For differential gene expression, single-cell RNA-seq data were pseudobulked by aggregating the raw count sum of each gene within every sample and specific cell type, filtering for a minimum of 10 cells per cell type and at least 1,000 cells per overall sample. Differential expression testing was performed in R (v4.3.3) using DESeq2. For paired longitudinal NDMM comparisons across clinical visits, the model inherently regressed subject-specific effects (GEX ~ Subject + Visit). When comparing NDMM states to healthy controls, the DESeq2 formula adjusted for covariates including cohort, sex, age, and CMV status (GEX ~ Cohort + Sex + Age + CMV). Differentially expressed genes were defined as having a Benjamini-Hochberg adjusted p-value of <= 0.05. Pathway enrichment was calculated utilizing the Fast Gene Set Enrichment Analysis (FGSEA) in R (v4.3.3). Gene sets were sourced from MSigDB_Hallmark_2020, Reactome_Pathways_2024, ENCODE_and_ChEA_Consensus_TFs_from_ChIP-X, and KEGG_2021_Human. Plotting significant pathways defined by an adjusted p-value <= 0.05.

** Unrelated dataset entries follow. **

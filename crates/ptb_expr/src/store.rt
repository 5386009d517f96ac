// This file has the values of the variables A to Z and of the array @, and what names one of them.

ghost use Rattle.std.specs.Prelude.{◌≡◌, ◌≤◌, ℕ, ℤ, pos, ◌≤ℤ◌, IfOk, IsOk, OnOk, OnErr};
ghost use Rattle.std.specs.Prelude.{◌++◌, length, take, drop};
ghost use Rattle.ptb_expr.specs.Store.{value_at, with_value, index_of, element_of, with_element};
ghost use Rattle.ptb_expr.specs.Store.{empty_cells};

use crate::fault::FaultKind;
use ptb_text::Letter;
use std::alloc::{AllocError, Global};
use std::marker::Model;

/// What a value can be stored in.
#[derive(Clone, Copy, Debug, PartialEq, Eq)]
pub enum Target {
    /// A variable, by its letter.
    Var(Letter),
    /// An element of `@`, by its index, 0 to SIZE/2.
    Element(i16),
}

/// The values of the variables A to Z, and of the array `@` from index 0 to half of SIZE.
#[derive(Drop)]
pub struct Store {
    pub(crate) size: i16,
    pub(crate) values: [i16; 26],
    pub(crate) elements: Vec<i16>,
    /// How many of the first elements a copy takes over: those after them are 0.
    pub(crate) used: usize,
}

// Takes over as many of the first values of others.
fn copy_front(values: &mut [i16], others: &[i16], count: usize)
    requires same_length { length values.old ≡ length others.now }
    requires within { count ≤ length others.now }
    ensures { values.new ≡ take count others.now ++ drop count values.old }
{
    if count == 0 {
        return;
    }
    values[..count].copy_from_slice(&others[..count]);
}

// Mixes values into a number. Zeros at the end change nothing.
pub(crate) fn mixed(values: &[i16], start: u64) -> u64 {
    let mut sum = start;
    let mut factor = start | 1;
    for value in values {
        factor = factor.wrapping_mul(0x9E37_79B9_7F4A_7C15);
        let word = if *value < 0 { 0x1_0000 } else { 0 };
        let word = u64::from(value.unsigned_abs()).wrapping_add(word);
        sum = sum.wrapping_add(factor.wrapping_mul(word));
    }
    sum
}

impl Model for Store {
    ghost use Rattle.std.specs.Prelude.{◌≡◌, ◌+◌, ◌/◌, ◌≤◌, pos, ◌≤ℤ◌, length, unsigned_abs, vec_len};
    ghost use Rattle.ptb_expr.specs.Store.{Cells, IsZeroFrom};

    ghost Value = { Cells };

    ghost view = { λ s. record { size = s.size; values = s.values; elements = s.elements.items } };

    ghost invariant = { λ s. (length s.values ≡ 26) × (pos 0 ≤ℤ s.size)
        × (vec_len s.elements ≡ unsigned_abs s.size / 2 + 1)
        × (s.used ≤ vec_len s.elements) × IsZeroFrom s.used s.elements.items × (s.size ≤ℤ pos 32767) };
}

impl Store {
    /// A store of zeros, where SIZE is `size`, which is at least 0.
    ///
    /// # Errors
    ///
    /// Where the array is refused memory.
    pub fn new(alloc: Global, size: i16) -> Result<Store, AllocError>
        requires { pos 0 ≤ℤ size }
        ensures { IfOk result (λ s. s ≡ empty_cells size) }
    {
        let mut elements = Vec::new(alloc);
        elements.resize(size as usize / 2 + 1, 0)?;
        Ok(Store {
            size,
            values: [0; 26],
            elements,
            used: 0,
        })
    }

    /// A store with the same values.
    ///
    /// # Errors
    ///
    /// Where the array is refused memory.
    pub fn copy(&self, alloc: Global) -> Result<Store, AllocError>
        ensures { IfOk result (λ s. s ≡ self.now) }
    {
        Ok(Store {
            size: self.size,
            values: self.values,
            elements: Vec::from_slice(alloc, &self.elements)?,
            used: self.used,
        })
    }

    /// Replaces its values with those of another store. It takes no memory where both have the same
    /// SIZE.
    ///
    /// # Errors
    ///
    /// Where the array is refused memory. Its values stay then.
    #[inline(always)]
    pub fn copy_from(&mut self, alloc: Global, other: &Store) -> Result<(), AllocError>
        ensures ok { OnOk result (self.new ≡ other.now) }
        ensures same_size { self.old.size ≡ other.now.size → IsOk result }
        ensures err { OnErr result (self.new ≡ self.old) }
    {
        if self.size != other.size {
            *self = other.copy(alloc)?;
            return Ok(());
        }
        let used = self.used.max(other.used);
        self.values = other.values;
        copy_front(&mut self.elements, &other.elements, used);
        self.used = other.used;
        Ok(())
    }

    /// SIZE.
    pub fn size(&self) -> i16
        ensures { result ≡ self.now.size }
    {
        self.size
    }

    /// The value of a variable.
    pub fn get(&self, letter: Letter) -> i16
        ensures { result ≡ value_at self.now letter }
    {
        let at = letter.index();
        self.values[at]
    }

    /// Stores the value of a variable.
    pub fn set(&mut self, letter: Letter, value: i16)
        ensures { self.new ≡ with_value self.old letter value }
    {
        self.values[letter.index()] = value;
    }

    /// The index itself, if the array has an element there.
    ///
    /// # Errors
    ///
    /// `How` below 0, and `Sorry` above half of SIZE.
    pub fn index(&self, index: i16) -> Result<i16, FaultKind>
        ensures { result ≡ index_of self.now.size index }
    {
        // as an unsigned number, an index below 0 is past every array: one comparison is enough
        if usize::from(index.cast_unsigned()) < self.elements.len() {
            return Ok(index);
        }
        if index < 0 {
            return Err(FaultKind::How);
        }
        Err(FaultKind::Sorry)
    }

    /// The element at an index.
    ///
    /// # Errors
    ///
    /// Those of [`Store::index`].
    pub fn element(&self, index: i16) -> Result<i16, FaultKind>
        ensures { result ≡ element_of self.now index }
    {
        let index = self.index(index)?;
        Ok(self.elements[usize::from(index.cast_unsigned())])
    }

    /// Stores an element at an index that the array has.
    pub fn set_element(&mut self, index: i16, value: i16)
        requires { index_of self.old.size index ≡ Ok index }
        ensures { self.new ≡ with_element self.old index value }
    {
        let at = usize::from(index.cast_unsigned());
        self.elements[at] = value;
        if at < self.used {
            return;
        }
        self.used = at + 1;
    }
}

B Cell Isotype Classification

Normalized expression of nine IgH constant genes (IGHM, IGHD, IGHG1-4, IGHA1-2, and IGHE) were used to classify B cells by their isotype. If cells were positive for either IGHM or IGHD, or both IGHM and IGHD, they received isotype assignment of IGHM, IGHD, or IGHMD. Otherwise, the cell received the isotype of the IGH genes for which they are positive. In cases of no expression of any IGH genes, the cell was classified as undetermined.

Olink and MSD Proteomics

Statistical differences between healthy and cancer patients (VRd/DVRd) for each timepoint were calculated using an unpaired Mann-Whitney U test. Statistical differences between timepoints within the same treatment group (Healthy, VRd, or DVRd) were calculated using a paired Wilcoxon Signed-Rank test. Benjamini-Hochberg p-value correction was applied to control the false discovery rate (FDR), with significant differences in composition defined by FDR < 0.05. Olink proteomic pathway enrichment was calculated via Over-Representation Analysis (ORA) utilizing the WebGestaltR package.